A number of messages will explain what happens, as shown in the brand new node system.log:
INFO [GossipStage:1] 2019-08-20 10:31:18,979 StorageService.java:2739 - Node /10.101.33.198 state jump to NORMAL
INFO [InternalResponseStage:1] 2019-08-20 10:31:18,980 Gossiper.java:1230 - InetAddress /10.101.33.198 is now UP <-- the new node contacts the seed node and starts discovering the cluster
INFO [GossipStage:1] 2019-08-20 10:31:19,001 TokenMetadata.java:520 - Updating topology for /10.101.33.198
INFO [GossipStage:1] 2019-08-20 10:31:19,003 TokenMetadata.java:520 - Updating topology for /10.101.33.198
WARN [GossipTasks:1] 2019-08-20 10:31:19,897 FailureDetector.java:288 - Not marking nodes down due to local pause of 9648546129 > 5000000000
INFO [GossipStage:1] 2019-08-20 10:31:19,901 Gossiper.java:1268 - Node /10.101.33.216 is now part of the cluster <-- the new node discovers the node that we are replacing
INFO [GossipStage:1] 2019-08-20 10:31:19,901 Gossiper.java:1290 - WRITING LOCAL JOIN INFO to [com.datastax.bdp.util.Addresses$Internode$AddressCacheManager@21d06819, com.datastax.bdp.snitch.EndpointStateTracker@47d79d90, org.apache.cassandra.gms.Gossiper$2@7252b74c, org.apache.cassandra.service.StorageService@7aeecaf9, org.apache.cassandra.locator.ReconnectableSnitchHelper@58dce51d, org.apache.cassandra.service.LoadBroadcaster@239cc88b]

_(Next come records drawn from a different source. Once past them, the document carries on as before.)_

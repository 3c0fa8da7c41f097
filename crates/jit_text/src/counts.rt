ghost use Rattle.std.specs.Prelude.{◌≡◌, ◌++◌, ◌%◌, ◌^◌, OnOk, IfOk, length, codes, decimal, count_by, sum_by};
ghost use Rattle.jit_text.specs.Counts.{is_value, is_void, is_stack, is_fuel, is_fault, value_of, sum_of, kinds_text, counts_line};

use ir_meaning::calls::Ended;
use ir_print_names::Page;
use rj_num::NoMemory;
use std::alloc::Global;

fn is_value(ended: Ended) -> bool
    ensures { result ≡ is_value ended }
{
    matches!(ended, Ended::Value(_))
}

fn is_void(ended: Ended) -> bool
    ensures { result ≡ is_void ended }
{
    matches!(ended, Ended::Void)
}

fn is_stack(ended: Ended) -> bool
    ensures { result ≡ is_stack ended }
{
    matches!(ended, Ended::Stack)
}

fn is_fuel(ended: Ended) -> bool
    ensures { result ≡ is_fuel ended }
{
    matches!(ended, Ended::Fuel { .. })
}

fn is_fault(ended: Ended) -> bool
    ensures { result ≡ is_fault ended }
{
    matches!(ended, Ended::Fault { .. })
}

/// The low 64 bits of the number that an answer adds to the sum.
fn low_of(ended: Ended) -> u64
    ensures { result ≡ value_of ended % (2 ^ 64) }
{
    match ended {
        Ended::Value(value) => (value % (1 << 64)) as u64,
        _ => 0,
    }
}

/// The sum of the values modulo 2^64.
fn sum_of(list: &[Ended]) -> u64
    ensures { result ≡ sum_of list.now }
{
    let mut sum = 0u64;
    for ended in list {
        sum = sum.wrapping_add(low_of(*ended));
    }
    sum
}

/// How many answers are values.
fn values(list: &[Ended]) -> usize
    ensures { result ≡ count_by is_value list.now }
{
    list.iter().filter(|ended| is_value(**ended)).count()
}

/// How many answers are void.
fn voids(list: &[Ended]) -> usize
    ensures { result ≡ count_by is_void list.now }
{
    list.iter().filter(|ended| is_void(**ended)).count()
}

/// How many answers are `stack`.
fn stacks(list: &[Ended]) -> usize
    ensures { result ≡ count_by is_stack list.now }
{
    list.iter().filter(|ended| is_stack(**ended)).count()
}

/// How many answers are `fuel`.
fn fuels(list: &[Ended]) -> usize
    ensures { result ≡ count_by is_fuel list.now }
{
    list.iter().filter(|ended| is_fuel(**ended)).count()
}

/// How many answers are faults.
fn faults(list: &[Ended]) -> usize
    ensures { result ≡ count_by is_fault list.now }
{
    list.iter().filter(|ended| is_fault(**ended)).count()
}

/// Adds a text and a number.
fn push_count(page: &mut Page, text: &[u8], count: usize) -> Result<(), NoMemory>
    ensures { OnOk result (page.new ≡ page.old ++ (text.now ++ decimal count)) }
{
    page.write(text)?;
    page.number(count as u128)
}

/// Adds how many answers are of each kind.
fn push_kinds(page: &mut Page, list: &[Ended]) -> Result<(), NoMemory>
    ensures { OnOk result (page.new ≡ page.old ++ kinds_text list.now) }
{
    push_count(page, b" value ", values(list))?;
    push_count(page, b" void ", voids(list))?;
    push_count(page, b" stack ", stacks(list))?;
    push_count(page, b" fuel ", fuels(list))?;
    push_count(page, b" fault ", faults(list))
}

/// Adds the sum of the values.
fn push_sum(page: &mut Page, list: &[Ended]) -> Result<(), NoMemory>
    ensures { OnOk result (page.new ≡ page.old ++ (codes " sum " ++ decimal (sum_of list.now))) }
{
    page.write(b" sum ")?;
    page.number(u128::from(sum_of(list)))
}

/// The line of the counts of a list of answers, and of the sum of its values modulo 2^64.
pub fn counts_line(alloc: Global, list: &[Ended]) -> Result<Vec<u8>, NoMemory>
    ensures { IfOk result (λ text. text.items ≡ counts_line list.now) }
{
    let mut page = Page::new(alloc);
    push_count(&mut page, b"calls ", list.len())?;
    push_kinds(&mut page, list)?;
    push_sum(&mut page, list)?;
    page.write(b"\n")?;
    Ok(page.into_bytes())
}
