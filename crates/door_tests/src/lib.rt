//! What listeners and connections do, in memory and over loopback, by worked cases.
#![tactic(auto)]

#[cfg(test)]
mod tests;
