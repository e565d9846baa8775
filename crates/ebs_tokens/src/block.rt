// The token of a block of a snapshot.
ghost use Rattle.std.specs.Prelude.{◌≡◌, ◌≢◌, IfOk, IfSome, IfNone};
ghost use Rattle.ebs_model.specs.Tokens.{block_text, is_block_token};
ghost use Rattle.ebs_tokens.specs.Fields.{IsBlockField, text_of_block};
ghost use Rattle.ebs_tokens.specs.declared.block.BlockField.{BlockField};

use crate::frame::block_frame;
use crate::seal::{is_sealed, sealed};
use crate::stated::{bytes_of, key_at, u32_at, u64_at};
use ebs_model::{Moment, SnapKey, Text};
use std::alloc::{AllocError, Global};

/// What a block token names.
#[derive(Clone, Copy, Debug, PartialEq, Eq)]
pub struct BlockField {
    pub key: SnapKey,
    pub index: u32,
    pub expiry: Moment,
}

/// The token of a block of a snapshot: 114 lower-case hexadecimal digits.
pub fn block_token(
    alloc: Global,
    secret: &[u8; 32],
    key: &SnapKey,
    index: u32,
    expiry: Moment,
) -> Result<Text, AllocError>
    ensures { IfOk result (λ text. text ≡ block_text secret.now key.now index expiry.second) }
{
    sealed(alloc, secret, &block_frame(key, index, expiry))
}

/// Whether the text is the token of this block for an expiry that isn't reached. The index is a request's, which can be
/// greater than any that a token states.
pub fn is_block_token(
    secret: &[u8; 32],
    key: &SnapKey,
    index: u64,
    now: Moment,
    text: &[u8],
) -> bool
    ensures { result ≡ is_block_token secret.now key.now index now.second text.now }
{
    let Some(bytes) = bytes_of::<57>(text) else {
        return false;
    };
    let Ok(index) = u32::try_from(index) else {
        return false;
    };
    let expiry = Moment {
        second: u64_at(&bytes, 17),
    };
    now.second < expiry.second && is_sealed(secret, &block_frame(key, index, expiry), text)
}

/// The block that the text is a token of, whether its expiry is reached or not.
pub fn read_block_token(secret: &[u8; 32], text: &[u8]) -> Option<BlockField>
    ensures some { IfSome result (λ field. IsBlockField field × (text.now ≡ text_of_block secret.now field)) }
    ensures none { IfNone result ((field : BlockField) → IsBlockField field → text.now ≢ text_of_block secret.now field) }
{
    let bytes = bytes_of::<57>(text)?;
    let key = key_at(&bytes, 1)?;
    let index = u32_at(&bytes, 13);
    let expiry = Moment {
        second: u64_at(&bytes, 17),
    };
    if is_sealed(secret, &block_frame(&key, index, expiry), text) {
        Some(BlockField { key, index, expiry })
    } else {
        None
    }
}
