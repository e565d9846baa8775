// The token of the page of a list.
ghost use Rattle.std.specs.Prelude.{◌≡◌, ◌≢◌, IfOk, IfSome, IfNone};
ghost use Rattle.ebs_model.specs.Tokens.{page_start};
ghost use Rattle.ebs_tokens.specs.Fields.{IsPageField, text_of_page};
ghost use Rattle.ebs_tokens.specs.declared.page.PageField.{PageField};

use crate::frame::page_frame;
use crate::seal::{is_sealed, sealed};
use crate::stated::{bytes_of, key_at, u32_at, u64_at};
use ebs_model::{Moment, SnapKey, Text};
use std::alloc::{AllocError, Global};

/// What a page token names: the list of a snapshot's blocks, with both keys the snapshot's, or the
/// list of the blocks that changed between two; and the index at which the page begins.
#[derive(Clone, Copy, Debug, PartialEq, Eq)]
pub struct PageField {
    pub changed: bool,
    pub first: SnapKey,
    pub second: SnapKey,
    pub index: u32,
    pub expiry: Moment,
}

/// The token of a page: 138 lower-case hexadecimal digits.
pub fn page_token(alloc: Global, secret: &[u8; 32], page: &PageField) -> Result<Text, AllocError>
    ensures { IfOk result (λ text. text ≡ text_of_page secret.now page.now) }
{
    let frame = page_frame(
        page.changed,
        &page.first,
        &page.second,
        page.index,
        page.expiry,
    );
    sealed(alloc, secret, &frame)
}

/// The index at which the page begins, where the text is the token of a page of this list for an
/// expiry that isn't reached.
pub fn page_start(
    secret: &[u8; 32],
    changed: bool,
    first: &SnapKey,
    second: &SnapKey,
    now: Moment,
    text: &[u8],
) -> Option<u32>
    ensures { result ≡ page_start secret.now changed first.now second.now now.second text.now }
{
    let bytes = bytes_of::<69>(text)?;
    let index = u32_at(&bytes, 25);
    let expiry = Moment {
        second: u64_at(&bytes, 29),
    };
    let frame = page_frame(changed, first, second, index, expiry);
    if now.second < expiry.second && is_sealed(secret, &frame, text) {
        Some(index)
    } else {
        None
    }
}

/// The page that the text is a token of, whether its expiry is reached or not.
pub fn read_page_token(secret: &[u8; 32], text: &[u8]) -> Option<PageField>
    ensures some { IfSome result (λ field. IsPageField field × (text.now ≡ text_of_page secret.now field)) }
    ensures none { IfNone result ((field : PageField) → IsPageField field → text.now ≢ text_of_page secret.now field) }
{
    let bytes = bytes_of::<69>(text)?;
    let changed = bytes[0] == 3;
    let first = key_at(&bytes, 1)?;
    let second = key_at(&bytes, 13)?;
    let index = u32_at(&bytes, 25);
    let expiry = Moment {
        second: u64_at(&bytes, 29),
    };
    let frame = page_frame(changed, &first, &second, index, expiry);
    if is_sealed(secret, &frame, text) {
        Some(PageField {
            changed,
            first,
            second,
            index,
            expiry,
        })
    } else {
        None
    }
}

WARN [GossipStage:1] 2019-08-20 10:31:19,910 StorageService.java:2778 - Not updating host ID a5fd805e-2a96-4358-86f0-76f0b4d1720e for /10.101.33.216 because it's mine <-- the new node takes the old hostID for itself
INFO [GossipStage:1] 2019-08-20 10:31:19,911 StorageService.java:2836 - Nodes /10.101.33.216 and /10.101.32.220 have the same token 3074457345618258602. Ignoring /10.101.33.216 <-- the new node takes the token that belonged to the old node
INFO [GossipStage:1] 2019-08-20 10:31:19,943 Gossiper.java:1245 - InetAddress /10.101.33.216 is now DOWN
INFO [main] 2019-08-20 10:31:43,060 StorageService.java:1147 - Using saved tokens [3074457345618258602]
INFO [main] 2019-08-20 10:31:43,096 StorageService.java:1844 - JOINING: Finish joining ring <-- the new node joins the ring successfully
The output of nodetool status and nodetool ring now shows:
$ nodetool ring
Datacenter: DC1
==========
Address Rack Status State Load Owns Token
3074457345618258602
10.101.34.23 rack1 Up Normal 110.79 MiB ? -9223372036854775808
10.101.33.198 rack1 Up Normal 114.2 MiB ? -3074457345618258603
10.101.32.220 rack1 Up Normal 97.45 MiB ? 3074457345618258602
$ nodetool status
Datacenter: DC1
===============
Status=Up/Down
|/ State=Normal/Leaving/Joining/Moving
-- Address Load Tokens Owns Host ID Rack
UN 10.101.34.23 107.66 MiB 1 ? 5271e349-1a36-4cd4-80f7-a4640ab10f19 rack1
UN 10.101.33.198 108.27 MiB 1 ? 385e530b-1dc5-4d0f-8740-532eead9af83 rack1
UN 10.101.32.220 80.79 MiB 1 ? a5fd805e-2a96-4358-86f0-76f0b4d1720e rack1
Caveats
1 - Risk of data inconsistency.
During the procedure, the nodes that stay up will be written to by client applications, while the brand new node will contain an amount of data that was frozen when the copy was done on the down node.
So, it is recommended to run a full repair after the new node has been completely added to the cluster.
2 - If the cluster is monitored by OpsCenter, make sure to install the DataStax agent on the new node to be able to monitor the new node in OpsCenter. DataStax agents must be installed on every managed node in a cluster.